By Piotr Kreglicki
Adaptive Bitrate (ABR) streaming is a delivery technology designed to provide consistent, high-quality viewing in situations where bandwidth may fluctuate, and where viewers may be on a wide range of devices.
ABR streaming addresses these issues by encoding content into multiple variants, each potentially a different bit rate, frame size and/or frame rate. These variants are combined into a single package that represents the original content. ABR players switch between variants depending upon the device and available bandwidth, to ensure consistent high-quality playback.

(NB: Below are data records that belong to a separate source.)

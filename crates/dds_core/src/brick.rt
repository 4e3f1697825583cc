//! What a brick does: a letter or an order.

ghost use Rattle.std.specs.Prelude.{◌≡◌, IfOk, OnOk};
ghost use Rattle.dds_core.specs.Brick.{live_brick_turn, brick_turn, brick_input};

use crate::notice::notice_row;
use dds_base::memory::Memory;
use dds_base::number::NodeNo;
use dds_base::op::Order;
use dds_base::pending::Pending;
use dds_brick_rows::calls::{abort_row, commit_row, get_row, map_ask_row, prepare_row};
use dds_brick_rows::resolution::{help_row, outcome_row, query_row, status_row};
use dds_brick_rows::take::take;
use dds_letters::letter::Letter;
use dds_order_rows::orders::{copy_ask_row, install_row, lease_row, release_row};
use dds_order_rows::own_letters::{copy_part_row, granted_row, installed_row, lease_refused_row};
use dds_order_rows::own_order::{join_order, split_order};
use dds_states::brick_state::BrickState;
use dds_states::turn::CoreTurn;
use std::alloc::Global;

/// What a letter does at a brick: nothing at a stopped one. After `Memory` nothing is said of the state.
///
/// It answers `Memory` too, and not for want of memory, where an order would take a number above 2^64 - 1, where a leaf
/// would be made by a number or an epoch above it, of no members, or as half of a name of full depth, where a split's
/// leaf of depth 0 would be served or taken, where a taken or installed leaf is neither of the own leaf's name nor a half
/// of it, and where the pairs of a copy don't rise. By reading, no run comes there; that isn't proved.
pub fn brick_turn(
    alloc: Global,
    state: &mut BrickState,
    from: NodeNo,
    letter: &Letter,
) -> Result<CoreTurn, Memory>
    ensures state { OnOk result (state.new ≡ (brick_turn state.old from letter.now).state) }
    ensures out { IfOk result (λ turn. turn ≡ (brick_turn state.old from letter.now).out) }
{
    if state.stopped {
        return Ok(CoreTurn::new(alloc));
    }
    live_brick_turn(alloc, state, from, letter)
}

fn live_brick_turn(
    alloc: Global,
    state: &mut BrickState,
    from: NodeNo,
    letter: &Letter,
) -> Result<CoreTurn, Memory>
    ensures state { OnOk result (state.new ≡ (live_brick_turn state.old from letter.now).state) }
    ensures out { IfOk result (λ turn. turn ≡ (live_brick_turn state.old from letter.now).out) }
{
    match letter {
        Letter::Get {
            txn,
            caller: _,
            call: _,
            key,
            name,
            stamp,
        } => get_row(alloc, state, from, *txn, *key, *name, *stamp),
        Letter::Prepare {
            txn,
            caller,
            call,
            below,
            name,
            stamp,
            list,
            op,
        } => {
            let pending = Pending {
                txn: *txn,
                caller: *caller,
                call: *call,
                op: op.copy()?,
                list: *list,
            };
            prepare_row(alloc, state, from, pending, *below, *name, *stamp)
        }
        Letter::Commit { txn } => commit_row(alloc, state, from, *txn),
        Letter::Abort { txn } => abort_row(alloc, state, from, *txn),
        Letter::Push { leaf } => {
            take(state, leaf)?;
            Ok(CoreTurn::new(alloc))
        }
        Letter::MapAsk {
            txn,
            caller: _,
            call: _,
            key,
        } => map_ask_row(alloc, state, from, *txn, *key),
        Letter::Help { txn, list } => help_row(alloc, state, from, *txn, list),
        Letter::Query { txn, list } => query_row(alloc, state, from, *txn, list),
        Letter::Status { txn, status: told } => status_row(alloc, state, from, *txn, *told),
        Letter::Outcome { txn, commit } => outcome_row(alloc, state, *txn, *commit),
        Letter::Lease { order, what } => lease_row(alloc, state, from, *order, what),
        Letter::Granted { order, leaf } => granted_row(alloc, state, from, *order, leaf),
        Letter::LeaseRefused { order, refusal } => {
            lease_refused_row(alloc, state, from, *order, refusal)
        }
        Letter::Release { order: _, name } => {
            release_row(state, from, *name);
            Ok(CoreTurn::new(alloc))
        }
        Letter::CopyAsk { order, name, after } => {
            copy_ask_row(alloc, state, from, *order, *name, *after)
        }
        Letter::CopyPart { order, last, pairs } => {
            copy_part_row(alloc, state, from, *order, *last, pairs.as_slice())
        }
        Letter::Install { order, leaf } => install_row(alloc, state, from, *order, leaf),
        Letter::Installed { order, name: _ } => installed_row(alloc, state, from, *order),
        Letter::Notice => notice_row(alloc, state, from),
        Letter::Got { .. }
        | Letter::Vote { .. }
        | Letter::Applied { .. }
        | Letter::Aborted { .. }
        | Letter::MapTell { .. } => Ok(CoreTurn::new(alloc)),
    }
}

/// What an order does at the brick that it names. After `Memory` nothing is said of the state.
pub fn brick_input(alloc: Global, state: &mut BrickState, order: &Order) -> Result<CoreTurn, Memory>
    ensures state { OnOk result (state.new ≡ (brick_input state.old order.now).state) }
    ensures out { IfOk result (λ turn. turn ≡ (brick_input state.old order.now).out) }
{
    match order {
        Order::Join {
            brick: _,
            name,
            via,
        } => join_order(alloc, state, *name, *via),
        Order::Split { brick: _, name } => split_order(alloc, state, *name),
    }
}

For example, a single ABR package might include six variants, each encoded at progressively higher bit rates. The player will adaptively switch between low bit rates and high bit rates, depending upon the connectivity of the device.
How it works?
During playback, video and audio are delivered via HTTP in small segments, typically between 3 and 10 seconds in length. Each content package includes multiple variants, and each variant may include many segments. The player is provided with a package manifest file outlining which variants are available and the location of the segments for each variant.
The video player requests and downloads a segment from a variant. While the segment is played, the connection speed is monitored, and the player may opt to switch variants, either increasing or decreasing the video bit rate based upon the connection speed. Players may also choose variants with different frame sizes or frame rates to optimize the visual experience for the device. This adaptive behavior is what ensures consistent playback regardless of connection speed or device.
HLS & MPEG-DASH
Apple HLS (HTTP Live Streaming) and MPEG-DASH (Dynamic Adaptive Streaming over HTTP) are currently two most common ABR streaming technologies supported by vast majority of devices. And they are both supported in Telestream Cloud.
HLS
HLS is media streaming protocol developed by Apple for iOS, Apple TV and OS X that over time has gained support on number of other platforms due to its popularity. It is natively supported on OSX, iOS, Android 4.1+ and Windows 10.

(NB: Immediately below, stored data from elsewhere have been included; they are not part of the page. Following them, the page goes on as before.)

//! What a library does: a call is opened, or a letter comes.

ghost use Rattle.std.specs.Prelude.{◌≡◌, ◌<◌, ◌≤◌, ◌==◌, ◌+◌, [], ◌∷◌, ◌++◌, IfOk, OnOk, IfSome, OnSome, IfNone, Some, None, ◌^◌, length};
ghost use Rattle.std.specs.Prelude.{position, option_to_list, slice_get, if◌then◌else◌};
ghost use Rattle.std.specs.FinMap as map;
ghost use Rattle.std.specs.List.{remove};
ghost use Rattle.dds_states.specs.Turn.{both};
ghost use Rattle.dds_call_rows.specs.Library.{begin};
ghost use Rattle.dds_core.specs.LibraryTurn.{least_attempt, desk_of, after_turn, replies_of, given, new_request, input_turn, library_input};
ghost use Rattle.dds_core.specs.LibraryTurn.{call_row, call_place, put_back, call_turn, at_call, turn_of, turn_at, at_place, attempt_of};
ghost use Rattle.dds_core.specs.LibraryTurn.{at_attempt, notice_calls, attempts, learns, notice_turn, live_library_turn, library_turn};

use dds_base::items::Items;
use dds_base::memory::Memory;
use dds_base::number::{CallNo, CallerNo, NodeNo, TxnNo};
use dds_base::op::{Op, Reply};
use dds_call_rows::attempt::{begin, stays};
use dds_call_rows::call::{aborted_in, applied_in, got_in, told_in, unchanged, vote_in};
use dds_call_rows::call_notice::notice_in;
use dds_letters::letter::Letter;
use dds_letters::outbox::Outbox;
use dds_maps::maps::Maps;
use dds_states::library_state::{Desk, LibraryState, OpenCall, Request, TxnNumbers, Went};
use dds_states::turn::{CoreTurn, PointList, Replied, ReplyList, read_of};
use std::alloc::Global;

/// The least attempt number of open calls, 2^64 - 1 where there are none.
fn least_attempt(calls: &[OpenCall]) -> u64
    ensures { result ≡ least_attempt calls.now }
{
    let mut least = u64::MAX;
    for call in calls {
        least = least.min(call.txn.number());
    }
    least
}

/// What a letter does to one open call.
fn call_row(
    alloc: Global,
    desk: &mut Desk,
    call: OpenCall,
    from: NodeNo,
    letter: &Letter,
) -> Result<Went, Memory>
    ensures desk { OnOk result (desk.new ≡ (call_row desk.old call from letter.now).desk) }
    ensures went { IfOk result (λ went. went ≡ (call_row desk.old call from letter.now).went) }
{
    match letter {
        Letter::Got { txn: _, answer } => got_in(alloc, desk, call, from, answer),
        Letter::Vote { txn: _, vote: told } => vote_in(alloc, desk, call, from, told),
        Letter::Applied { txn: _, was } => applied_in(alloc, desk, call, from, *was),
        Letter::Aborted { txn: _ } => aborted_in(alloc, desk, call, from),
        Letter::MapTell { txn: _, leaf } => told_in(alloc, desk, call, from, leaf),
        Letter::Notice => notice_in(alloc, desk, call, from),
        Letter::Get { .. }
        | Letter::Prepare { .. }
        | Letter::Commit { .. }
        | Letter::Abort { .. }
        | Letter::Push { .. }
        | Letter::MapAsk { .. }
        | Letter::Help { .. }
        | Letter::Query { .. }
        | Letter::Status { .. }
        | Letter::Outcome { .. }
        | Letter::Lease { .. }
        | Letter::Granted { .. }
        | Letter::LeaseRefused { .. }
        | Letter::Release { .. }
        | Letter::CopyAsk { .. }
        | Letter::CopyPart { .. }
        | Letter::Install { .. }
        | Letter::Installed { .. } => Ok(unchanged(alloc, desk, call)),
    }
}

/// What one call's turn gives: its letters, and its answer.
fn give(
    alloc: Global,
    letters: Outbox,
    reply: Option<Reply>,
    caller: CallerNo,
    call: CallNo,
    txn: TxnNo,
) -> Result<CoreTurn, Memory>
    ensures letters { IfOk result (λ turn. turn.letters ≡ letters) }
    ensures points { IfOk result (λ turn. turn.points ≡ []) }
    ensures replies { IfOk result (λ turn. turn.replies ≡ replies_of caller call txn reply) }
{
    let mut turn = CoreTurn::letters(alloc, letters);
    match reply {
        None => Ok(turn),
        Some(reply) => {
            turn.replies.push(Replied::Call {
                read: read_of(txn, &reply),
                caller,
                call,
                reply,
            })?;
            Ok(turn)
        }
    }
}

/// The calls with the one at a place after its turn.
fn put_back(calls: &mut Items<OpenCall>, place: usize, call: Option<OpenCall>) -> Result<(), Memory>
    requires { place ≤ length calls.old }
    ensures { OnOk result (calls.new ≡ put_back calls.old place call) }
{
    match call {
        None => Ok(()),
        Some(call) => calls.insert(place, call),
    }
}

/// The numbers that the next attempt takes.
fn numbers(state: &LibraryState) -> TxnNumbers
    ensures { result
        ≡ record { library = state.now.number; bricks = state.now.bricks; next = state.now.next; below = least_attempt state.now.calls } }
{
    TxnNumbers {
        library: state.number,
        bricks: state.bricks,
        next: state.next,
        below: least_attempt(state.calls.as_slice()),
    }
}

/// Whose call it is, and its attempt.
fn names(call: &OpenCall) -> (CallerNo, CallNo, TxnNo)
    ensures { result ≡ (call.now.request.caller, call.now.request.call, call.now.txn) }
{
    (call.request.caller, call.request.call, call.txn)
}

/// What a call works with, beside the library's open calls. The library is left without its map.
fn open_desk(alloc: Global, state: &mut LibraryState) -> Result<Desk, Memory>
    ensures desk { IfOk result (λ desk. desk ≡ desk_of state.old state.old.calls) }
    ensures state { OnOk result (state.new ≡ record state.old { map = map.empty }) }
{
    let numbers = numbers(state);
    let none = Maps::new(alloc, &[])?;
    let map = std::mem::replace(&mut state.map, none);
    Ok(Desk {
        map,
        known: state.known,
        numbers,
    })
}

/// Gives the library its map and its numbers back.
fn close_desk(state: &mut LibraryState, desk: Desk)
    ensures { state.new ≡ record state.old { map = desk.map; next = desk.numbers.next } }
{
    let Desk {
        map,
        known: _,
        numbers,
    } = desk;
    state.map = map;
    state.next = numbers.next;
}

/// A letter at the open call that was taken out of this place.
fn turn_of(
    alloc: Global,
    state: &mut LibraryState,
    from: NodeNo,
    letter: &Letter,
    place: usize,
    call: OpenCall,
) -> Result<CoreTurn, Memory>
    requires { place ≤ length state.old.calls }
    ensures state { OnOk result (state.new ≡ (turn_of state.old from letter.now place call).state) }
    ensures out { IfOk result (λ turn. turn ≡ (turn_of state.old from letter.now place call).out) }
{
    let (caller, number, txn) = names(&call);
    let mut desk = open_desk(alloc, state)?;
    let went = call_row(alloc, &mut desk, call, from, letter)?;
    close_desk(state, desk);
    put_back(&mut state.calls, place, went.call)?;
    give(alloc, went.letters, went.reply, caller, number, txn)
}

/// A letter at the open call at a place.
fn turn_at(
    alloc: Global,
    state: &mut LibraryState,
    from: NodeNo,
    letter: &Letter,
    place: usize,
) -> Result<CoreTurn, Memory>
    ensures state { OnOk result (state.new ≡ (turn_at state.old from letter.now place).state) }
    ensures out { IfOk result (λ turn. turn ≡ (turn_at state.old from letter.now place).out) }
{
    let Some(call) = take(&mut state.calls, place) else {
        return Ok(CoreTurn::new(alloc));
    };
    turn_of(alloc, state, from, letter, place, call)
}

/// Takes the call at a place out of the list, if there is one.
fn take(calls: &mut Items<OpenCall>, place: usize) -> Option<OpenCall>
    ensures value { result ≡ slice_get calls.old place }
    ensures some { OnSome result ((calls.new ≡ remove calls.old place) × (place ≤ length calls.new)) }
    ensures none { IfNone result (calls.new ≡ calls.old) }
{
    if place >= calls.len() {
        return None;
    }
    Some(calls.remove(place))
}

/// The place of the first open call with this attempt.
fn call_place(calls: &[OpenCall], txn: TxnNo) -> Option<usize>
    ensures { result ≡ call_place calls.now txn }
{
    calls.iter().position(|c| c.txn == txn)
}

/// The attempt that a brick's letter to a library is of.
fn attempt_of(letter: &Letter) -> Option<TxnNo>
    ensures { result ≡ attempt_of letter.now }
{
    match letter {
        Letter::Got { txn, answer: _ } => Some(*txn),
        Letter::Vote { txn, vote: _ } => Some(*txn),
        Letter::Applied { txn, was: _ } => Some(*txn),
        Letter::Aborted { txn } => Some(*txn),
        Letter::MapTell { txn, leaf: _ } => Some(*txn),
        Letter::Get { .. }
        | Letter::Prepare { .. }
        | Letter::Commit { .. }
        | Letter::Abort { .. }
        | Letter::Push { .. }
        | Letter::MapAsk { .. }
        | Letter::Help { .. }
        | Letter::Query { .. }
        | Letter::Status { .. }
        | Letter::Outcome { .. }
        | Letter::Lease { .. }
        | Letter::Granted { .. }
        | Letter::LeaseRefused { .. }
        | Letter::Release { .. }
        | Letter::CopyAsk { .. }
        | Letter::CopyPart { .. }
        | Letter::Install { .. }
        | Letter::Installed { .. }
        | Letter::Notice => None,
    }
}

/// A letter of an attempt does something only to the open call that has this attempt.
fn at_attempt(
    alloc: Global,
    state: &mut LibraryState,
    from: NodeNo,
    letter: &Letter,
) -> Result<CoreTurn, Memory>
    ensures state { OnOk result (state.new ≡ (at_attempt state.old from letter.now (attempt_of letter.now)).state) }
    ensures out { IfOk result (λ turn. turn ≡ (at_attempt state.old from letter.now (attempt_of letter.now)).out) }
{
    let Some(txn) = attempt_of(letter) else {
        return Ok(CoreTurn::new(alloc));
    };
    at_txn(alloc, state, from, letter, txn)
}

/// A letter at the open call that has this attempt, if there is one.
fn at_txn(
    alloc: Global,
    state: &mut LibraryState,
    from: NodeNo,
    letter: &Letter,
    txn: TxnNo,
) -> Result<CoreTurn, Memory>
    ensures state { OnOk result (state.new ≡ (at_attempt state.old from letter.now (Some txn)).state) }
    ensures out { IfOk result (λ turn. turn ≡ (at_attempt state.old from letter.now (Some txn)).out) }
{
    let Some(place) = call_place(state.calls.as_slice(), txn) else {
        return Ok(CoreTurn::new(alloc));
    };
    turn_at(alloc, state, from, letter, place)
}

/// The attempts of open calls.
fn attempts(alloc: Global, calls: &[OpenCall]) -> Result<Vec<TxnNo>, Memory>
    ensures { IfOk result (λ list. list.items ≡ attempts calls.now) }
{
    let mut list = Vec::new(alloc);
    for call in calls {
        list.push(call.txn)?;
    }
    Ok(list)
}

/// The open calls with these attempts go on without the node.
fn notice_calls(
    alloc: Global,
    state: &mut LibraryState,
    node: NodeNo,
    txns: Vec<TxnNo>,
) -> Result<CoreTurn, Memory>
    ensures state { OnOk result (state.new ≡ (notice_calls state.old node txns.items).state) }
    ensures out { IfOk result (λ turn. turn ≡ (notice_calls state.old node txns.items).out) }
{
    let mut turn = CoreTurn::new(alloc);
    for txn in txns {
        let next = at_txn(alloc, state, node, &Letter::Notice, txn)?;
        turn = turn.with(next)?;
    }
    Ok(turn)
}

/// A node has stopped: it is known, and each open call goes on without it.
fn notice_turn(alloc: Global, state: &mut LibraryState, node: NodeNo) -> Result<CoreTurn, Memory>
    ensures state { OnOk result (state.new ≡ (notice_turn state.old node).state) }
    ensures out { IfOk result (λ turn. turn ≡ (notice_turn state.old node).out) }
{
    let txns = attempts(alloc, state.calls.as_slice())?;
    state.known.add(node);
    notice_calls(alloc, state, node, txns)
}

/// What a letter does at a library: nothing at a stopped one. After `Memory` nothing is said of the state. Where a step
/// would need an attempt number above 2^64 - 1, or where an attempt begins and the library's number is a brick's or its
/// group is empty, it answers `Memory` too. By reading, no run comes there; that isn't proved.
pub fn library_turn(
    alloc: Global,
    state: &mut LibraryState,
    from: NodeNo,
    letter: &Letter,
) -> Result<CoreTurn, Memory>
    ensures state { OnOk result (state.new ≡ (library_turn state.old from letter.now).state) }
    ensures out { IfOk result (λ turn. turn ≡ (library_turn state.old from letter.now).out) }
{
    if state.stopped {
        return Ok(CoreTurn::new(alloc));
    }
    if let Letter::Notice = letter {
        return notice_turn(alloc, state, from);
    }
    at_attempt(alloc, state, from, letter)
}

/// Opens a call and begins it. At a stopped library nothing is done. It answers `Memory` where `library_turn` does.
pub fn library_input(
    alloc: Global,
    state: &mut LibraryState,
    caller: CallerNo,
    call: CallNo,
    op: &Op,
) -> Result<CoreTurn, Memory>
    ensures state { OnOk result (state.new ≡ (library_input state.old caller call op.now).state) }
    ensures out { IfOk result (λ turn. turn ≡ (library_input state.old caller call op.now).out) }
{
    if state.stopped {
        return Ok(CoreTurn::new(alloc));
    }
    let request = Request {
        caller,
        call,
        op: op.copy()?,
        retries: 0,
        pushed: false,
    };
    input_turn(alloc, state, request)
}

fn input_turn(alloc: Global, state: &mut LibraryState, request: Request) -> Result<CoreTurn, Memory>
    ensures state { OnOk result (state.new ≡ (input_turn state.old request (begin (desk_of state.old state.old.calls) request)).state) }
    ensures out { IfOk result (λ turn. turn ≡ (input_turn state.old request (begin (desk_of state.old state.old.calls) request)).out) }
{
    if state.number.is_brick() {
        return Err(Memory);
    }
    let txn = TxnNo::new(state.number, state.next);
    let (caller, number) = (request.caller, request.call);
    let mut desk = open_desk(alloc, state)?;
    let Went {
        letters,
        call,
        reply,
    } = begin(alloc, &mut desk, request)?;
    close_desk(state, desk);
    push_some(&mut state.calls, call)?;
    give(alloc, letters, reply, caller, number, txn)
}

fn push_some(calls: &mut Items<OpenCall>, call: Option<OpenCall>) -> Result<(), Memory>
    ensures { OnOk result (calls.new ≡ calls.old ++ option_to_list call) }
{
    match call {
        None => Ok(()),
        Some(call) => calls.push(call),
    }
}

Originally HLS used H.264 as video codec encapsulated by MPEG-2 TS chunks. References to the segmented files are contained in .m3u8 manifest files.
In 2016 Apple added byte-range addressing for fragmented MP4 files. HTTP byte range requests allow to specify segments as byte range of a larger URL and consolidate segments into single large file. Primary benefits of this update:
- improved caching performance as the media player is walking through a larger file in a sequence rather than downloading each segment from different location
- there are fewer files to manage which can translate into savings on storage space
- ability to use both HLS and MPEG-DASH manifests for the same media files which allows for broader compatibility across different players
HLS content can be encrypted with AES-128 using an existing or randomly generated key. For an extra layer of encryption keys can be served over SSL.
MPEG-DASH
MPEG DASH works in principle just like HLS, but is codec agnostic so it’s not limited to H.264 only but can also use H.265 or VP9. It is also the first adaptive bit rate solution that has become an international standard. Stream metadata is described by MPD files (Media Presentation Description) that can be organized in different ways depending on the use case.
In various forms MPEG-DASH is supported by all major browsers and vast majority of Android devices (from smartphones to TVs).
MPEG DASH uses Common Encryption for content protection which is based on existing web standards and is DRM platform agnostic. It works with number of available DRM platforms (Microsoft PlayReady, Google Widevine) and allows to share keys, key identifiers, encryption algorithm, parameters, location to store proprietary data in a Protection System Specific Header (PSSH) while leaving details of DRM implementation to individual systems.